══ INPUT MATERIAL

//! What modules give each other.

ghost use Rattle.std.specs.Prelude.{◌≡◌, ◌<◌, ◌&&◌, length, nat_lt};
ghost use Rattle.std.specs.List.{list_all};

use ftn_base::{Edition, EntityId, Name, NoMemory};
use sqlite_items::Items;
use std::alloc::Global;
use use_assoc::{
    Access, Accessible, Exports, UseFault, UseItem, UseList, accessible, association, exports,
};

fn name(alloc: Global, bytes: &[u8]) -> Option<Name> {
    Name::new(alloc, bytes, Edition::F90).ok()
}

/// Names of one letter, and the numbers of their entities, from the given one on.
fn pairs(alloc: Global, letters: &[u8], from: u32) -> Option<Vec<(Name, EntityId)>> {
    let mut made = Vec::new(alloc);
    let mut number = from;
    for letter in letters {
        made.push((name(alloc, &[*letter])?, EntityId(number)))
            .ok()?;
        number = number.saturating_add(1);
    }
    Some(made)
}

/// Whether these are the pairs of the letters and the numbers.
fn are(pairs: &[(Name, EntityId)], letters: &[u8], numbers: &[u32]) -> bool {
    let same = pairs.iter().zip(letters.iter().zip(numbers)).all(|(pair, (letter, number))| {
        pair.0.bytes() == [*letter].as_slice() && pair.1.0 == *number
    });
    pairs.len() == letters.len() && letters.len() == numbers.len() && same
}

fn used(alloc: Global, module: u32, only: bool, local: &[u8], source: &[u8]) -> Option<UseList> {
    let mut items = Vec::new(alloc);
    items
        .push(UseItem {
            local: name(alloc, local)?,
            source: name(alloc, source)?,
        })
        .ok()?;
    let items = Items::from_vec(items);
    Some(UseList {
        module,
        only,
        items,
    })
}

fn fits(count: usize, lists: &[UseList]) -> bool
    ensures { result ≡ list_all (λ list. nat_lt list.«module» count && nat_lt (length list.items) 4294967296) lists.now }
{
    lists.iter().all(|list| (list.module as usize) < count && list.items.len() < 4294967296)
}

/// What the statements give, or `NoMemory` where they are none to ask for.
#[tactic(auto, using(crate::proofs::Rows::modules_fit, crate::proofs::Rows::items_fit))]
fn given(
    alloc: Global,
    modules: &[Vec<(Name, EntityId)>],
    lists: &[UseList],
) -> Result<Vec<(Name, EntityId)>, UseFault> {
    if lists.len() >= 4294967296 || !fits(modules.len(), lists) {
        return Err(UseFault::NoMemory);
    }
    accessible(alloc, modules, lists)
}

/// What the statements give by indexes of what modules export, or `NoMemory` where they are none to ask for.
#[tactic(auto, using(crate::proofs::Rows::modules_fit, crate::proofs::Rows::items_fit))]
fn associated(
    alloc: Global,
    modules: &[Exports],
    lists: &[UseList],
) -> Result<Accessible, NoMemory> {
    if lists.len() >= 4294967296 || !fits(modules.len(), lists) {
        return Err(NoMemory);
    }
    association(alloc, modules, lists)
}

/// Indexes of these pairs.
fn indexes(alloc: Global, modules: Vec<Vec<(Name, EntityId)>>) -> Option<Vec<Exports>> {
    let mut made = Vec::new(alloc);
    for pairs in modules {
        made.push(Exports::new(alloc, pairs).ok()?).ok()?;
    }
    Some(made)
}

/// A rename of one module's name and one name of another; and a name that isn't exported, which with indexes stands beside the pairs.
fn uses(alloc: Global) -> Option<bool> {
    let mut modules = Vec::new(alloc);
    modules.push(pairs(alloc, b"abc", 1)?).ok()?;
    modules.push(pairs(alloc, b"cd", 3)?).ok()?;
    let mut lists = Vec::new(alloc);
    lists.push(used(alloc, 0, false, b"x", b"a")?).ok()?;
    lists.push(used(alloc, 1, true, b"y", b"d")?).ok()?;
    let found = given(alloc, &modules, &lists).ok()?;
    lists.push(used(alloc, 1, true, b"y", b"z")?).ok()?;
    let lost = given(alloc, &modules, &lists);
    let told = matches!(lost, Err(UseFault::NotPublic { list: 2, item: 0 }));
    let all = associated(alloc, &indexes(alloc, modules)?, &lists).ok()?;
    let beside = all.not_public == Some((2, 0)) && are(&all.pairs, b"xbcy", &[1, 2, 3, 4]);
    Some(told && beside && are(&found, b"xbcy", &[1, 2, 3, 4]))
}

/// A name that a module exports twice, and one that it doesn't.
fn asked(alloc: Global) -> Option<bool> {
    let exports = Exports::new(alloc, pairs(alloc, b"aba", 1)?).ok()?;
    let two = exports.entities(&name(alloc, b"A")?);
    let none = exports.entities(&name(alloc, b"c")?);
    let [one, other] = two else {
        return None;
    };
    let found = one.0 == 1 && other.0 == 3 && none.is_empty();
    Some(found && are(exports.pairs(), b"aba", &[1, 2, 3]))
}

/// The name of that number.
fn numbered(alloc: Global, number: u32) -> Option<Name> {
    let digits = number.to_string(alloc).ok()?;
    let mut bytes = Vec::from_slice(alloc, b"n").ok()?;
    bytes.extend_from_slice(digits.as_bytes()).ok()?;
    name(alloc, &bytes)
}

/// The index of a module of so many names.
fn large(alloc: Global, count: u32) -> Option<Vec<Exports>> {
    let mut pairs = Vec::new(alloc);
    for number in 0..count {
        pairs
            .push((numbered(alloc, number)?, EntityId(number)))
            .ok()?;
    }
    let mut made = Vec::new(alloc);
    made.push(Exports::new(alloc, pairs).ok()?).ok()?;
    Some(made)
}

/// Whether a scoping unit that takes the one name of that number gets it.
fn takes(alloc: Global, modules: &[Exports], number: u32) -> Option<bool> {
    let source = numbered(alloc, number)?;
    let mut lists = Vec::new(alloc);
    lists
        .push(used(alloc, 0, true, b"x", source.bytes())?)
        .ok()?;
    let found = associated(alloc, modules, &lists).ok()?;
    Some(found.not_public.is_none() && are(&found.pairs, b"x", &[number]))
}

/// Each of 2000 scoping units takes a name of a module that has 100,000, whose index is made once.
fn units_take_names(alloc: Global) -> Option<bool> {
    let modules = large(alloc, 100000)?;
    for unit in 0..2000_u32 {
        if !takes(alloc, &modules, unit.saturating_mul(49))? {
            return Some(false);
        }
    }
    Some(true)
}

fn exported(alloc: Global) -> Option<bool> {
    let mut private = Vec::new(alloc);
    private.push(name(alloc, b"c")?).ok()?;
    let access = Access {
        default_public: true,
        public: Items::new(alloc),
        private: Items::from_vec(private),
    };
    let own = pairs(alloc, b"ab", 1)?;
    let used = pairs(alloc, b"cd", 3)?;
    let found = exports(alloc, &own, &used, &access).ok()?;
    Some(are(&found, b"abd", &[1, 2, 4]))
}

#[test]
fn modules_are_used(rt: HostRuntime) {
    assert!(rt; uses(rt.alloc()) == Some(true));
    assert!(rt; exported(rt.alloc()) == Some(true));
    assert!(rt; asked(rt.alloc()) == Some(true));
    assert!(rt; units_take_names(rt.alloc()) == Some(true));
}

════

ASSIGNMENT:
Give back every line of the material, exactly as written.

EXERCISE RESULT:
//! What modules give each other.

ghost use Rattle.std.specs.Prelude.{◌≡◌, ◌<◌, ◌&&◌, length, nat_lt};
ghost use Rattle.std.specs.List.{list_all};

use ftn_base::{Edition, EntityId, Name, NoMemory};
use sqlite_items::Items;
use std::alloc::Global;
use use_assoc::{
    Access, Accessible, Exports, UseFault, UseItem, UseList, accessible, association, exports,
};

fn name(alloc: Global, bytes: &[u8]) -> Option<Name> {
    Name::new(alloc, bytes, Edition::F90).ok()
}

/// Names of one letter, and the numbers of their entities, from the given one on.
fn pairs(alloc: Global, letters: &[u8], from: u32) -> Option<Vec<(Name, EntityId)>> {
    let mut made = Vec::new(alloc);
    let mut number = from;
    for letter in letters {
        made.push((name(alloc, &[*letter])?, EntityId(number)))
            .ok()?;
        number = number.saturating_add(1);
    }
    Some(made)
}

/// Whether these are the pairs of the letters and the numbers.
fn are(pairs: &[(Name, EntityId)], letters: &[u8], numbers: &[u32]) -> bool {
    let same = pairs.iter().zip(letters.iter().zip(numbers)).all(|(pair, (letter, number))| {
        pair.0.bytes() == [*letter].as_slice() && pair.1.0 == *number
    });
    pairs.len() == letters.len() && letters.len() == numbers.len() && same
}

fn used(alloc: Global, module: u32, only: bool, local: &[u8], source: &[u8]) -> Option<UseList> {
    let mut items = Vec::new(alloc);
    items
        .push(UseItem {
            local: name(alloc, local)?,
            source: name(alloc, source)?,
        })
        .ok()?;
    let items = Items::from_vec(items);
    Some(UseList {
        module,
        only,
        items,
    })
}

fn fits(count: usize, lists: &[UseList]) -> bool
    ensures { result ≡ list_all (λ list. nat_lt list.«module» count && nat_lt (length list.items) 4294967296) lists.now }
{
    lists.iter().all(|list| (list.module as usize) < count && list.items.len() < 4294967296)
}

/// What the statements give, or `NoMemory` where they are none to ask for.
#[tactic(auto, using(crate::proofs::Rows::modules_fit, crate::proofs::Rows::items_fit))]
fn given(
    alloc: Global,
    modules: &[Vec<(Name, EntityId)>],
    lists: &[UseList],
) -> Result<Vec<(Name, EntityId)>, UseFault> {
    if lists.len() >= 4294967296 || !fits(modules.len(), lists) {
        return Err(UseFault::NoMemory);
    }
    accessible(alloc, modules, lists)
}

/// What the statements give by indexes of what modules export, or `NoMemory` where they are none to ask for.
#[tactic(auto, using(crate::proofs::Rows::modules_fit, crate::proofs::Rows::items_fit))]
fn associated(
    alloc: Global,
    modules: &[Exports],
    lists: &[UseList],
) -> Result<Accessible, NoMemory> {
    if lists.len() >= 4294967296 || !fits(modules.len(), lists) {
        return Err(NoMemory);
    }
    association(alloc, modules, lists)
}

/// Indexes of these pairs.
fn indexes(alloc: Global, modules: Vec<Vec<(Name, EntityId)>>) -> Option<Vec<Exports>> {
    let mut made = Vec::new(alloc);
    for pairs in modules {
        made.push(Exports::new(alloc, pairs).ok()?).ok()?;
    }
    Some(made)
}

/// A rename of one module's name and one name of another; and a name that isn't exported, which with indexes stands beside the pairs.
fn uses(alloc: Global) -> Option<bool> {
    let mut modules = Vec::new(alloc);
    modules.push(pairs(alloc, b"abc", 1)?).ok()?;
    modules.push(pairs(alloc, b"cd", 3)?).ok()?;
    let mut lists = Vec::new(alloc);
    lists.push(used(alloc, 0, false, b"x", b"a")?).ok()?;
    lists.push(used(alloc, 1, true, b"y", b"d")?).ok()?;
    let found = given(alloc, &modules, &lists).ok()?;
    lists.push(used(alloc, 1, true, b"y", b"z")?).ok()?;
    let lost = given(alloc, &modules, &lists);
    let told = matches!(lost, Err(UseFault::NotPublic { list: 2, item: 0 }));
    let all = associated(alloc, &indexes(alloc, modules)?, &lists).ok()?;
    let beside = all.not_public == Some((2, 0)) && are(&all.pairs, b"xbcy", &[1, 2, 3, 4]);
    Some(told && beside && are(&found, b"xbcy", &[1, 2, 3, 4]))
}

/// A name that a module exports twice, and one that it doesn't.
fn asked(alloc: Global) -> Option<bool> {
    let exports = Exports::new(alloc, pairs(alloc, b"aba", 1)?).ok()?;
    let two = exports.entities(&name(alloc, b"A")?);
    let none = exports.entities(&name(alloc, b"c")?);
    let [one, other] = two else {
        return None;
    };
    let found = one.0 == 1 && other.0 == 3 && none.is_empty();
    Some(found && are(exports.pairs(), b"aba", &[1, 2, 3]))
}

/// The name of that number.
fn numbered(alloc: Global, number: u32) -> Option<Name> {
    let digits = number.to_string(alloc).ok()?;
    let mut bytes = Vec::from_slice(alloc, b"n").ok()?;
    bytes.extend_from_slice(digits.as_bytes()).ok()?;
    name(alloc, &bytes)
}

/// The index of a module of so many names.
fn large(alloc: Global, count: u32) -> Option<Vec<Exports>> {
    let mut pairs = Vec::new(alloc);
    for number in 0..count {
        pairs
            .push((numbered(alloc, number)?, EntityId(number)))
            .ok()?;
    }
    let mut made = Vec::new(alloc);
    made.push(Exports::new(alloc, pairs).ok()?).ok()?;
    Some(made)
}

/// Whether a scoping unit that takes the one name of that number gets it.
fn takes(alloc: Global, modules: &[Exports], number: u32) -> Option<bool> {
    let source = numbered(alloc, number)?;
    let mut lists = Vec::new(alloc);
    lists
        .push(used(alloc, 0, true, b"x", source.bytes())?)
        .ok()?;
    let found = associated(alloc, modules, &lists).ok()?;
    Some(found.not_public.is_none() && are(&found.pairs, b"x", &[number]))
}

/// Each of 2000 scoping units takes a name of a module that has 100,000, whose index is made once.
fn units_take_names(alloc: Global) -> Option<bool> {
    let modules = large(alloc, 100000)?;
    for unit in 0..2000_u32 {
        if !takes(alloc, &modules, unit.saturating_mul(49))? {
            return Some(false);
        }
    }
    Some(true)
}

fn exported(alloc: Global) -> Option<bool> {
    let mut private = Vec::new(alloc);
    private.push(name(alloc, b"c")?).ok()?;
    let access = Access {
        default_public: true,
        public: Items::new(alloc),
        private: Items::from_vec(private),
    };
    let own = pairs(alloc, b"ab", 1)?;
    let used = pairs(alloc, b"cd", 3)?;
    let found = exports(alloc, &own, &used, &access).ok()?;
    Some(are(&found, b"abd", &[1, 2, 4]))
}

#[test]
fn modules_are_used(rt: HostRuntime) {
    assert!(rt; uses(rt.alloc()) == Some(true));
    assert!(rt; exported(rt.alloc()) == Some(true));
    assert!(rt; asked(rt.alloc()) == Some(true));
    assert!(rt; units_take_names(rt.alloc()) == Some(true));
}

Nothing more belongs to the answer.